With this sense of faux strength inflating my sails, I spent the next sixteen years approaching large bodies of water with a weird amalgamation of terror and domination, eager to beat back the aquatic threat that had done me no greater harm than instilling my irrational phobia. There were times when I almost lost the battle against the big blue drink–like the numerous times the stormy Pacific waves tried to beat me into a pulp against the sand below; the time a deceptively beautiful river in Westfir began to drag my wild-eyed, fervently paddling Shoobie away in its current and my dad–ever the aquacade hero–had to dive in and rescue her; and the time my cousin Mahina tried to leap from the houseboat deck to to my uncle’s boat, undershot it, and I experienced the cinematic cliché of gripping her hands while she begged me not to let her fall into the black, nighttime river below (fortunately, everyone’s parents came running before my clammy little hands resulted in Willamette folly). But in my relentless crusade to save face, I usually win, engaging in daring stunts just to thumb my nose at fear. Included in these reckless behaviors are swimming far out from shore by myself in Kauai, to the depths reserved for surfing the combers that break over the encompassing reef; swimming for hours on end at night, off of Tybee Island, when the world is black and the fish are feeding one state up from shark-beset Floridian waters; and pausing on the shore to listen to the sound of something big and lumbering, splashing through the water only feet away on a strange southern night when the beach fog was so thick you couldn’t see six inches in front of your face. While I’m none too eager to repeat the idiotic behaviors of my past, at least I can rack up the points against my phobia, limbs still wholly intact.

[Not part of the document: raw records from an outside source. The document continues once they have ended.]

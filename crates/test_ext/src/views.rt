//! Tests of views that read or change a set in a named bit order, with expected values worked out
//! by hand.

ghost use Rattle.std.specs.Prelude.{IsTrue};
ghost use Rattle.bittle.specs.Values.{ShapeFits};

use crate::calls::{Change, change_in};
use crate::checks::same;
use bittle::prelude::*;
use bittle::{BigEndian, Bits, BitsMut, Endian, LittleEndian, Set};
use bittle_ext::prelude::*;

/// What `read` returns: the capacity, how many bits are set, whether bit 0 is set, and the first
/// and the last set bit.
type Read = (u32, u32, bool, [Option<u32>; 2]);

/// Reads a set, as a `Read`.
fn parts<B: Bits>(bits: &B) -> Read
    requires fits { ShapeFits B.Shape bits.now }
    requires indexable { IsTrue B.indexable }
{
    let ends = [bits.first_one(), bits.last_one()];
    (
        bits.bits_capacity(),
        bits.count_ones(),
        bits.test_bit(0),
        ends,
    )
}

/// Reads a set through a view in the order `E`.
fn read<B: Bits, E: Endian>(bits: &B) -> Read
    requires fits { ShapeFits B.Shape bits.now }
    requires indexable { IsTrue B.indexable }
{
    parts(&bits.in_order::<E>())
}

#[test]
fn a_word_is_read_in_each_order(rt: HostRuntime) {
    // Bits 0, 1 and 5 are set. In little-endian order, these are bits 7, 6 and 2.
    let word = 0b0010_0011u8;
    same!(rt; read::<_, BigEndian>(&word), (8, 3, true, [Some(0), Some(5)]));
    same!(rt; read::<_, LittleEndian>(&word), (8, 3, false, [Some(2), Some(7)]));
}

#[test]
fn a_row_and_its_slice_are_read_in_each_order(rt: HostRuntime) {
    // In big-endian order, bits 0, 7 and 9 are set; in little-endian order, bits 0, 7 and 14.
    let row = [0x81u8, 0x02];
    same!(rt; read::<_, BigEndian>(&row), (16, 3, true, [Some(0), Some(9)]));
    same!(rt; read::<_, LittleEndian>(&row), (16, 3, true, [Some(0), Some(14)]));
    let slice: &[u8] = &row[..];
    same!(rt; read::<_, BigEndian>(&slice), (16, 3, true, [Some(0), Some(9)]));
    same!(rt; read::<_, LittleEndian>(&slice), (16, 3, true, [Some(0), Some(14)]));
}

#[test]
fn a_set_is_read_in_the_order_of_the_view(rt: HostRuntime) {
    let set = Set::new_le(0b0010_0011u8);
    same!(rt; read::<_, BigEndian>(&set), (8, 3, true, [Some(0), Some(5)]));
    same!(rt; read::<_, LittleEndian>(&set), (8, 3, false, [Some(2), Some(7)]));
}

#[test]
fn a_view_of_a_view_has_the_order_that_is_named_last(rt: HostRuntime) {
    let left = 0b0010_0011u8.in_order::<LittleEndian>();
    same!(rt; read::<_, BigEndian>(&left), (8, 3, true, [Some(0), Some(5)]));
}

/// Returns whether all bits of a set are unset, and whether all are set.
fn whole<B: Bits>(bits: &B) -> (bool, bool)
    requires { ShapeFits B.Shape bits.now }
{
    (bits.all_zeros(), bits.all_ones())
}

#[test]
fn capacity_0_is_read(rt: HostRuntime) {
    let none: [u8; 0] = [];
    same!(rt; read::<_, LittleEndian>(&none), (0, 0, false, [None, None]));
    same!(rt; whole(&none.in_order::<LittleEndian>()), (true, true));
}

/// A change that flips bit 1, sets bit 0 and clears bit 3. The answer is what `insert` and `remove`
/// return, and how many bits are set afterwards.
#[derive(Drop)]
struct ThreeBits;

impl Change for ThreeBits {
    type Answer = ([bool; 2], u32);

    fn change<B: BitsMut>(&self, bits: &mut B) -> ([bool; 2], u32) {
        bits.toggle(1);
        let answers = [bits.insert(0), bits.remove(3)];
        (answers, bits.count_ones())
    }
}

/// Makes the changes of `ThreeBits` through a view in the order `E`.
fn changed<B: BitsMut, E: Endian>(bits: &mut B) -> ([bool; 2], u32)
    requires fits { ShapeFits B.Shape bits.old }
    requires indexable { IsTrue B.indexable }
{
    change_in::<B, E, _>(&ThreeBits, bits)
}

#[test]
fn a_word_is_changed_in_each_order(rt: HostRuntime) {
    // Bit 4 is set. In little-endian order, it is bit 3.
    let mut right = 0b0001_0000u8;
    same!(rt; (changed::<_, BigEndian>(&mut right), right), (([true, false], 3), 0b0001_0011));
    let mut left = 0b0001_0000u8;
    same!(rt; (changed::<_, LittleEndian>(&mut left), left), (([true, true], 2), 0b1100_0000));
}

#[test]
fn a_row_and_a_set_are_changed_in_the_order_of_the_view(rt: HostRuntime) {
    let mut row = [0x10u8, 0x01];
    same!(rt; changed::<_, LittleEndian>(&mut row), ([true, true], 3));
    same!(rt; row, [0xC0, 0x01]);
    let mut set = Set::new_le(0b0001_0000u8);
    same!(rt; changed::<_, BigEndian>(&mut set), ([true, false], 3));
    same!(rt; set.into_bits(), 0b0001_0011);
}

#[test]
fn the_words_of_a_lent_slice_hold_the_changes(rt: HostRuntime) {
    let mut words = [0x10u8, 0x01];
    let mut lent = words.as_mut_slice();
    same!(rt; changed::<_, LittleEndian>(&mut lent), ([true, true], 3));
    same!(rt; words, [0xC0, 0x01]);
    let mut others = [0x10u8, 0x01];
    let mut lent = others.as_mut_slice();
    same!(rt; changed::<_, BigEndian>(&mut lent), ([true, false], 4));
    same!(rt; others, [0x13, 0x01]);
}

#[test]
fn capacity_0_is_changed_by_nothing(rt: HostRuntime) {
    let mut none: [u8; 0] = [];
    same!(rt; changed::<_, LittleEndian>(&mut none), ([true, false], 0));
}

#[test]
fn two_views_are_combined(rt: HostRuntime) {
    let (mut one, mut other) = ([0b0011u8, 0], [0b0101u8, 1]);
    let mut view = one.in_order_mut::<LittleEndian>();
    view.union_assign(&other.in_order_mut::<LittleEndian>());
    same!(rt; one, [0b0111, 1]);
}
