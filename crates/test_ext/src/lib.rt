//! Tests of the everyday calls (`bittle_ext`). They call the library from outside, as a user does.
#![tactic(auto)]

#[cfg(test)]
mod between;
#[cfg(test)]
mod calls;
#[cfg(test)]
mod changes;
#[cfg(test)]
mod checked_indexes;
#[cfg(test)]
mod checks;
#[cfg(test)]
mod copies;
#[cfg(test)]
mod found_runs;
#[cfg(test)]
mod lazy_views;
#[cfg(test)]
mod made;
#[cfg(test)]
mod numbers;
#[cfg(test)]
mod random;
#[cfg(test)]
mod ranges;
#[cfg(test)]
mod reads;
#[cfg(test)]
mod rotations;
#[cfg(test)]
mod spans;
#[cfg(test)]
mod texts;
#[cfg(test)]
mod unlike;
#[cfg(test)]
mod views;
#[cfg(test)]
mod walked_runs;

I don’t make the fight against fear easy for myself though. While harboring nightmares of the deep, I’ve always been incredibly fascinated by bodies of water: researching aquatic creatures–pelagic or otherwise, exploring multicultural mythologies bent on explaining away the sea, writing numerous stories that enveloped seafaring in some way, and squirming through every episode of River Monsters I could get my hands on, too distracted by the idea that freshwater’s teeming with terrifying things like pallid, Spanish river dolphins to admire my oldest man-crush to date: extreme wrangler Jeremy Wade.

Thus, it’s a strange, masochistic love affair I’ve got going on with water. On the one hand, water has chaperoned most of my life and provided me with some of the fondest memories I can summon to this day. Sure sharks feed at night, but lying there in a black bed of oscillating seawater while staring up at an enormous white moon was one of the most serene moments of my life. And declaring Monkey Head Rock officially seized while the tide swiftly began to close in was exhilarating. On the other hand, all this risky business I conduct to prove my “might” may very well lead to me straight down to Davy Jones’ locker on the Flying Dutchman Express.

Perhaps if I can surmount this fear of mine though, that wouldn’t be such a bad thing… At least there’s always the Bill Dance bloopers my dear Greta James introduced me to to get ya rootin’ for water!